# TRY IT
Check each line of the data, and copy those where "code" appears.

[Recorded data]
//! A table of programs that are accepted, each with its notes.

use micro_asm::assemble;
use micro_lint::{Header, Note, least_header, lint};
use micro_walk::examine;
use micro_word::{Text, Word};
use nand_geometry::{Geometry, Parts, SMALL_CHIP};
use std::alloc::Global;
use std::test::Fail;

/// One LUN of 8 blocks of 4 pages of 512 + 16 bytes, in one plane.
pub(crate) const ONE_LUN: Parts = SMALL_CHIP;

/// The same, in two planes, with a cache read.
pub(crate) const TWO_PLANES: Parts = Parts {
    plane_bits: 1,
    multi_plane: true,
    cache: true,
    ..ONE_LUN
};

/// Two such LUNs.
pub(crate) const TWO_LUNS: Parts = Parts {
    luns: 2,
    enhanced: true,
    ..TWO_PLANES
};

/// A header with enough for each program here.
pub(crate) const AMPLE: Header = Header {
    rows: 4_096,
    buffer: 100_000,
    budget: 1_000_000,
};

/// The words of a program in assembly text.
pub(crate) fn words_of(alloc: Global, words: &str) -> Result<Vec<Word>, Fail> {
    let written = format!(in alloc; "rows 1\nbuffer 0\nbudget 0\n{words}\n")?;
    Ok(assemble(alloc, written.as_str())?.into_words())
}

/// A text of these words with a header.
pub(crate) fn text_of(header: Header, words: Vec<Word>) -> Result<Text, Fail> {
    let rows = u16::try_from(header.rows).unwrap_or(0);
    match Text::of(rows, header.buffer, header.budget, words) {
        Ok(text) => Ok(text),
        Err(_refused) => Err(Fail::from("the words are no text")),
    }
}

// A text of these words with an ample header, where they are one.
fn ample_text(words: Vec<Word>) -> Option<Text> {
    let rows = u16::try_from(AMPLE.rows).unwrap_or(0);
    match Text::of(rows, AMPLE.buffer, AMPLE.budget, words) {
        Ok(text) => Some(text),
        Err(_refused) => None,
    }
}

/// A text of these words with the least header that is enough; None where they are no text, or the verifier accepts it with no header.
pub(crate) fn least_text(
    alloc: Global,
    geometry: &Geometry,
    words: Vec<Word>,
) -> Result<Option<Text>, Fail> {
    let Some(ample) = ample_text(words) else {
        return Ok(None);
    };
    if examine(&ample, geometry).is_err() {
        return Ok(None);
    }
    let Some(least) = least_header(alloc, &ample, geometry)? else {
        return Err(Fail::from("no header is enough"));
    };
    Ok(Some(text_of(least, ample.into_words())?))
}

/// The notes of a text that is accepted, each on a line.
pub(crate) fn told_of(alloc: Global, geometry: &Geometry, text: &Text) -> Result<String, Fail> {
    let mut told = String::new(alloc);
    if examine(text, geometry).is_err() {
        return Err(Fail::from("the program is refused"));
    }
    for note in lint(alloc, text, geometry)?.as_slice() {
        let line = line_of(alloc, *note)?;
        told.push_str(line.as_str())?;
    }
    Ok(told)
}

// A note as a line.
fn line_of(alloc: Global, note: Note) -> Result<String, Fail> {
    let code = note.code();
    match note.word() {
        None => Ok(format!(in alloc; "header: {note} ({code})\n")?),
        Some(word) => Ok(format!(in alloc; "word {word}: {note} ({code})\n")?),
    }
}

# EXERCISE OUTPUT
    let code = note.code();
        None => Ok(format!(in alloc; "header: {note} ({code})\n")?),
        Some(word) => Ok(format!(in alloc; "word {word}: {note} ({code})\n")?),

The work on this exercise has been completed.